## PROBLEM REQUIREMENTS
Nothing but a number should be given: how many lines of the records include "ghost"?

[Stored entries]

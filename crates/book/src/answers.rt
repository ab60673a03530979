// What finding a template in a book answers.

// A template: its slot, and its body as the len bytes from start, which `octets::part` hands back.
#[derive(Clone, Copy)]
pub struct Template {
    pub slot: u8,
    pub start: usize,
    pub len: usize,
}
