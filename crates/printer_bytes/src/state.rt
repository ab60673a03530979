// The printer's state as eleven bytes.
ghost use Rattle.std.specs.Prelude.{◌≡◌};
ghost use Rattle.printer_bytes.specs.State.{pending_by, printer_in, pending_bytes, five_bytes, printer_bytes};

use octets::bit_of;
use protocol::{Outcome, Pending, Printer};

// The pending result: its kind, three fields that each kind has its own use for, and the polls before it.
#[derive(Clone, Copy)]
struct Five(u8, u8, u8, u8, u8);

#[tactic(auto, unfolding(crate::specs::State::pending_by))]
fn pending_by(kind: u8, first: u8, second: u8, third: u8, wait: u8) -> Option<Pending>
    ensures { result ≡ pending_by kind first second third wait }
{
    match kind {
        0 => Some(Pending::Nothing),
        1 => Some(Pending::Result {
            outcome: Outcome::Positive {
                slot: first,
                index: second,
                length: third,
            },
            wait,
        }),
        2 => Some(Pending::Result {
            outcome: Outcome::Negative {
                code1: first,
                code2: second,
            },
            wait,
        }),
        _ => None,
    }
}

// The printer that the bytes are the state of: neither test is above 1, and the kind of the pending result
// is known.
#[tactic(auto, unfolding(crate::specs::State::printer_in))]
pub fn printer_in(state: &[u8; 11]) -> Option<Printer>
    ensures { result ≡ printer_in state.now }
{
    if 1 < state[1] {
        return None;
    }
    if 1 < state[2] {
        return None;
    }
    let pending = pending_by(state[5], state[6], state[7], state[8], state[9])?;
    Some(Printer {
        address: state[0],
        boarding: state[1] == 1,
        fcb: state[2] == 1,
        sa: state[3],
        held: state[4],
        pending,
        writes: state[10],
    })
}

fn pending_bytes(pending: Pending) -> Five
    ensures { five_bytes result ≡ pending_bytes pending }
{
    match pending {
        Pending::Nothing => Five(0, 0, 0, 0, 0),
        Pending::Result { outcome, wait } => match outcome {
            Outcome::Positive {
                slot,
                index,
                length,
            } => Five(1, slot, index, length, wait),
            Outcome::Negative { code1, code2 } => Five(2, code1, code2, 0, wait),
        },
    }
}

// Stores a printer's state.
pub fn put_printer(printer: Printer, state: &mut [u8; 11])
    ensures { state.new ≡ printer_bytes printer }
{
    let five = pending_bytes(printer.pending);
    *state = [
        printer.address,
        bit_of(printer.boarding),
        bit_of(printer.fcb),
        printer.sa,
        printer.held,
        five.0,
        five.1,
        five.2,
        five.3,
        five.4,
        printer.writes,
    ];
}
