// What the printer's reply says, by the service that it carries. Whatever a download has no use for is
// another reply.
ghost use Rattle.std.specs.Prelude.{◌≡◌};
ghost use Rattle.protocol.specs.Controller as controller;
ghost use Rattle.function_code.specs.Code.{class_of};
ghost use Rattle.access.specs.Route.{route_of};
ghost use Rattle.content.specs.Reading.{diagnosis_of, dpv1_answer_of, answer_of};
ghost use Rattle.controller_input.specs.Meaning.{got_by, got_of_data, got_of_route};

use crate::Reply;
use access::{Answering, Route};
use acyclic::{Answer, Function};
use fdl::Header;
use function_code::Class;

// A negative answer: a write's alone is DF.
fn negative(function: Function, code1: u8, code2: u8) -> Reply
    ensures { got_by result ≡ controller.negative_of function code1 code2 }
{
    match function {
        Function::Write => Reply::Negative { code1, code2 },
        Function::Read | Function::AlarmAck | Function::Transport => Reply::Other,
    }
}

// A DPV1 answer: a write's is 5F.
fn reply_of_dpv1(answer: Answer) -> Reply
    ensures { got_by result ≡ controller.got_of_dpv1 answer }
{
    match answer {
        Answer::Write {
            slot,
            index,
            length,
        } => Reply::Positive {
            slot,
            index,
            length,
        },
        Answer::Negative {
            function,
            decode: _,
            code1,
            code2,
        } => negative(function, code1, code2),
        Answer::Read { .. } | Answer::AlarmAck { .. } | Answer::Idle | Answer::Transport { .. } =>
            Reply::Other,
    }
}

// An answer of DPV1, where it can be read.
fn reply_by_dpv1(user: &[u8]) -> Reply
    ensures { got_by result ≡ got_of_data (dpv1_answer_of user.now) }
{
    match acyclic_reader::read_answer(user) {
        Ok(found) => reply_of_dpv1(found.fields),
        Err(_) => Reply::Other,
    }
}

// A diagnosis, where it can be read.
fn reply_by_diagnosis(user: &[u8]) -> Reply
    ensures { got_by result ≡ got_of_data (diagnosis_of user.now) }
{
    if diagnosis_reader::read(user).is_err() {
        return Reply::Other;
    }
    Reply::Diagnosis
}

// A diagnosis, a DPV1 answer, or a service that no request of a download asks for: that is another reply, whether its
// data can be read or not.
#[tactic(auto, unfolding(content::specs::Reading::answer_of), using(crate::proofs::Routed::plain_other, crate::proofs::Routed::configuration_other))]
fn answered(answering: Answering, user: &[u8]) -> Reply
    ensures { got_by result ≡ got_of_data (answer_of answering user.now) }
{
    match answering {
        Answering::Dpv1 => reply_by_dpv1(user),
        Answering::SlaveDiag => reply_by_diagnosis(user),
        Answering::DataExchange | Answering::RdInp | Answering::RdOutp | Answering::GetCfg =>
            Reply::Other,
    }
}

// What a telegram with this header and these user data says, whose function code is of this class. A call is another
// reply, whatever it asks for.
#[tactic(auto, using(access::proofs::Laws::class_route))]
pub(crate) fn routed(class: Class, header: Header, user: &[u8]) -> Reply
    requires { class ≡ class_of header.fc }
    ensures { got_by result ≡ got_of_route (route_of header) user.now }
{
    match routing::route_by(class, header) {
        Route::Answer(answering) => answered(answering, user),
        Route::Nowhere | Route::Call(_) => Reply::Other,
    }
}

## TASK ANSWER
8